## The data
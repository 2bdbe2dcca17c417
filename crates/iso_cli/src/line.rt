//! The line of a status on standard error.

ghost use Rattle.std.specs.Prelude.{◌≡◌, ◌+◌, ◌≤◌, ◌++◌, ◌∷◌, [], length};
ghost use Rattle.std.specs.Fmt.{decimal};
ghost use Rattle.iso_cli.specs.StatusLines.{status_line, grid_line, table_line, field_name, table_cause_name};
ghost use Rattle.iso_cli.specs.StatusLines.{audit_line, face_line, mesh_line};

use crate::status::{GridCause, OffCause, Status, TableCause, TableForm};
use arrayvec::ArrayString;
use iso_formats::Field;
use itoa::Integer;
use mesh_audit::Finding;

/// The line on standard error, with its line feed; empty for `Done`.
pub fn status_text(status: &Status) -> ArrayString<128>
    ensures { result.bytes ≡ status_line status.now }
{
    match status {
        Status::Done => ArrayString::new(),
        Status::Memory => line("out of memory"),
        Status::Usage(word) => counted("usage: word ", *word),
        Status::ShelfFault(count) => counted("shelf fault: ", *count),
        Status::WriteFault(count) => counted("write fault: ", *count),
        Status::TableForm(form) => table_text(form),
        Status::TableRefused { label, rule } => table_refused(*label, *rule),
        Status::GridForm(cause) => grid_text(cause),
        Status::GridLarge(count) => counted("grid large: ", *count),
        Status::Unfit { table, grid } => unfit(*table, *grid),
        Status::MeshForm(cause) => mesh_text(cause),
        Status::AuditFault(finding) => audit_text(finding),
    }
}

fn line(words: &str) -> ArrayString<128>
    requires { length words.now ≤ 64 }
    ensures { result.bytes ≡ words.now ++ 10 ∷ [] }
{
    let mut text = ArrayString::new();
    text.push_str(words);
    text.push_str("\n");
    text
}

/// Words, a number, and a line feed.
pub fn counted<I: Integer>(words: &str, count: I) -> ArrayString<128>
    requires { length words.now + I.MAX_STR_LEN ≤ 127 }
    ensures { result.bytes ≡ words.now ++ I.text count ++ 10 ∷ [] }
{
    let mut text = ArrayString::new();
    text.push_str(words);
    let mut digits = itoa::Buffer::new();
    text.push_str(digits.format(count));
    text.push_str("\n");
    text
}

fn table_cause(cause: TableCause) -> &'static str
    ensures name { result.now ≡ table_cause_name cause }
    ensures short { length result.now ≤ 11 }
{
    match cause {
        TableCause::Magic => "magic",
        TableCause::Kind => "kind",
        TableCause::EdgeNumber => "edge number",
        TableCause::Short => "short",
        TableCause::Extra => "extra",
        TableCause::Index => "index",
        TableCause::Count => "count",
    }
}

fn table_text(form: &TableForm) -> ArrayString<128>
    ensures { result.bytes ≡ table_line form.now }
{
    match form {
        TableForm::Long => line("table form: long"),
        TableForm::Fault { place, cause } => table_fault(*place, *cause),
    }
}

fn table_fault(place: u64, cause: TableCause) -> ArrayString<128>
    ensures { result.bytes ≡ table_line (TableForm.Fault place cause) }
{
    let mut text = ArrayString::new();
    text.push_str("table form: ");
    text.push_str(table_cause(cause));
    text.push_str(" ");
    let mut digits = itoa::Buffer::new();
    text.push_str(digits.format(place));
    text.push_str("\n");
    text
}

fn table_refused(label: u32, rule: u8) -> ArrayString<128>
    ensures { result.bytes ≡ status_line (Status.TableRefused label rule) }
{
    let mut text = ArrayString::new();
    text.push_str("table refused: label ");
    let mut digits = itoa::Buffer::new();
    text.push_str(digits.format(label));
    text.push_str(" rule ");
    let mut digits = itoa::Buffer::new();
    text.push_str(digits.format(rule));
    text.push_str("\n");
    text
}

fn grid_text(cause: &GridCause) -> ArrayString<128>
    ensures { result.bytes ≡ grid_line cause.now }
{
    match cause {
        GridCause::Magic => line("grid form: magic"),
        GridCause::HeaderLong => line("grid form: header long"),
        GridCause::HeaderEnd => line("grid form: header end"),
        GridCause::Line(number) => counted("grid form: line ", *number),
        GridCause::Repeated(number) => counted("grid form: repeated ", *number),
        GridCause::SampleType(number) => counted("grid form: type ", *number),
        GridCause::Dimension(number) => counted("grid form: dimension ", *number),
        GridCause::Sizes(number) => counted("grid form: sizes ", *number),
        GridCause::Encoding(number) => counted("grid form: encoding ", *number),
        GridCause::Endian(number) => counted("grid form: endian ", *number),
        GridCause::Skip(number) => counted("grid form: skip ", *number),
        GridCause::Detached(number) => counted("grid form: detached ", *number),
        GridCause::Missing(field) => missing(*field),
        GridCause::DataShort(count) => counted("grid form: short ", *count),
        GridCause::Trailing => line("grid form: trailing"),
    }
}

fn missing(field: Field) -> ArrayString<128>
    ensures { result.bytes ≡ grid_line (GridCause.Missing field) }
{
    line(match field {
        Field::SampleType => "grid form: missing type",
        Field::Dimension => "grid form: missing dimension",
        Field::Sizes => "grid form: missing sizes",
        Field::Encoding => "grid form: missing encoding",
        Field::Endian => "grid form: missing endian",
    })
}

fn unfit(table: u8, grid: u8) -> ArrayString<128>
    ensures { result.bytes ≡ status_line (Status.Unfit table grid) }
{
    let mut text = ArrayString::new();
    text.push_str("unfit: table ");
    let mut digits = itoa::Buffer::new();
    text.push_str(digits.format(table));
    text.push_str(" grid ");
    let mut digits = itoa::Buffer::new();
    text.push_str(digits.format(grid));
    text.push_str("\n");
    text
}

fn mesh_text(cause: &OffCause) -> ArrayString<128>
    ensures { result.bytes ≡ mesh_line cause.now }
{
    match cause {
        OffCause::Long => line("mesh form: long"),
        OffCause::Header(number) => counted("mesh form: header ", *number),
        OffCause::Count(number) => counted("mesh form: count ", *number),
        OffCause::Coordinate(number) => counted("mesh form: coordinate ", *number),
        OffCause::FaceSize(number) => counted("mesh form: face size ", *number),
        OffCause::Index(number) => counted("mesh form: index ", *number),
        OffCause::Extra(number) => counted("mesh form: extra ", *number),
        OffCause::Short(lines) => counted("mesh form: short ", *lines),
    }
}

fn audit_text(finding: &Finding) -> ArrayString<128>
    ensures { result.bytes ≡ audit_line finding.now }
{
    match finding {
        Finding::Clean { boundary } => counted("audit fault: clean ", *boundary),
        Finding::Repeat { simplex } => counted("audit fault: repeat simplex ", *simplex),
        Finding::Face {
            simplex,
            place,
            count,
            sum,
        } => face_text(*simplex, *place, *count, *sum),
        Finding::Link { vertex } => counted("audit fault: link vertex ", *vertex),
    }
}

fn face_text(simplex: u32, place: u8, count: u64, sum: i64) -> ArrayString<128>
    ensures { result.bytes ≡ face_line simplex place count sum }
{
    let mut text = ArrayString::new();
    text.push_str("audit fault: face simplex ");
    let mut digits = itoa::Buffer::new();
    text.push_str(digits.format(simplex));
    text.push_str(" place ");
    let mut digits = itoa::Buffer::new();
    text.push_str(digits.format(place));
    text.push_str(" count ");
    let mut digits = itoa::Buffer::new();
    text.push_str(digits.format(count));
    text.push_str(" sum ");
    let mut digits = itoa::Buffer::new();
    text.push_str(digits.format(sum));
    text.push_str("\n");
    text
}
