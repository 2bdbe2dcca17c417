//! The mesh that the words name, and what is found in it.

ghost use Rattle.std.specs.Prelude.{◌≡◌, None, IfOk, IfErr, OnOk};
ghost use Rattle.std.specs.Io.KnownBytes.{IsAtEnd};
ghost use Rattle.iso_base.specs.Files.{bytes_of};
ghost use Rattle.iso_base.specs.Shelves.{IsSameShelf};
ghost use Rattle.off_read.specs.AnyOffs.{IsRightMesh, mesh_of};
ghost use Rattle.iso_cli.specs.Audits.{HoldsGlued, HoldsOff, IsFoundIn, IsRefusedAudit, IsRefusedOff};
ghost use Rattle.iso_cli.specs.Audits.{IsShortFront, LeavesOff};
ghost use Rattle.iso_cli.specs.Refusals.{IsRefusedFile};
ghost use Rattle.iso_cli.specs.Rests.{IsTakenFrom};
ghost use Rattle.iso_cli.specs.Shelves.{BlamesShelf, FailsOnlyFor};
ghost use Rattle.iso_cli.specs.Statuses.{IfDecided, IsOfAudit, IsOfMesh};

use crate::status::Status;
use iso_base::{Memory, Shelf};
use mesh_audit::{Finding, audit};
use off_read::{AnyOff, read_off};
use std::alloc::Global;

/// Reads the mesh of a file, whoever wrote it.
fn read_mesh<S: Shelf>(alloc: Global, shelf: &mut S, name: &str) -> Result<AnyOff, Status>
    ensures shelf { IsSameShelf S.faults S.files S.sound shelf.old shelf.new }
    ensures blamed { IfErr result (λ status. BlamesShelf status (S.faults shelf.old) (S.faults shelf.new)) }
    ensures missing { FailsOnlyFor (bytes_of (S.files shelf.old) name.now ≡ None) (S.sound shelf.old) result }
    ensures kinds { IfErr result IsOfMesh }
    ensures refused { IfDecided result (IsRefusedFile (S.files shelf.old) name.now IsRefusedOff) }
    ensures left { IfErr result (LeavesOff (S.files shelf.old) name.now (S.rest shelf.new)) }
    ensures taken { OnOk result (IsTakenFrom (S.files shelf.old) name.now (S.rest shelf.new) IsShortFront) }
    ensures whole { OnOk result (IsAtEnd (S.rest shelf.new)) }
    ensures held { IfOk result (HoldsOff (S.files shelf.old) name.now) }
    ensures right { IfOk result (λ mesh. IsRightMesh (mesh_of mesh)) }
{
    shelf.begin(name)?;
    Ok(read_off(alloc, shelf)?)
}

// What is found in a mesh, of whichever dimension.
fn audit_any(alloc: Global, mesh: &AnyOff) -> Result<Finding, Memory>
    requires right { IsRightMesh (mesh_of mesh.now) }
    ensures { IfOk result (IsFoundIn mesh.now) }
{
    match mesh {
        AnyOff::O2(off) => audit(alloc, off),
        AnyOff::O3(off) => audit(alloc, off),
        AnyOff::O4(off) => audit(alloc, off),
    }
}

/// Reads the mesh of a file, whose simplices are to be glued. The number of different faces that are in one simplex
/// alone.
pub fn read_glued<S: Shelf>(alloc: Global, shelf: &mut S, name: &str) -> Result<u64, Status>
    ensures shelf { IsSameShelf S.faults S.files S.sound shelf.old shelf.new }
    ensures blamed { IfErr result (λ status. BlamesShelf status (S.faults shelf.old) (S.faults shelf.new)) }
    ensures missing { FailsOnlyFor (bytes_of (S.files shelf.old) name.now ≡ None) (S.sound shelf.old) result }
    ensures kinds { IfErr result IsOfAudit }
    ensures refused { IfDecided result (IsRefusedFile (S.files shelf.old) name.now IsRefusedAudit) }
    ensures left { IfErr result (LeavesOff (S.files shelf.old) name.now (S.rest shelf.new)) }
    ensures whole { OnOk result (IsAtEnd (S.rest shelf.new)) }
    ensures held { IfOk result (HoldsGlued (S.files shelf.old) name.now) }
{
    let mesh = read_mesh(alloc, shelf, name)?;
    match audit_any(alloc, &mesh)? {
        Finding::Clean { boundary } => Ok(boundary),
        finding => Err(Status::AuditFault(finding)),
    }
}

## About this exercise
In the material above, show every line where the word "length" turns up.

## Answer box
ghost use Rattle.std.specs.Prelude.{◌≡◌, ◌+◌, ◌≤◌, ◌++◌, ◌∷◌, [], length};
    requires { length words.now ≤ 64 }
    requires { length words.now + I.MAX_STR_LEN ≤ 127 }
    ensures short { length result.now ≤ 11 }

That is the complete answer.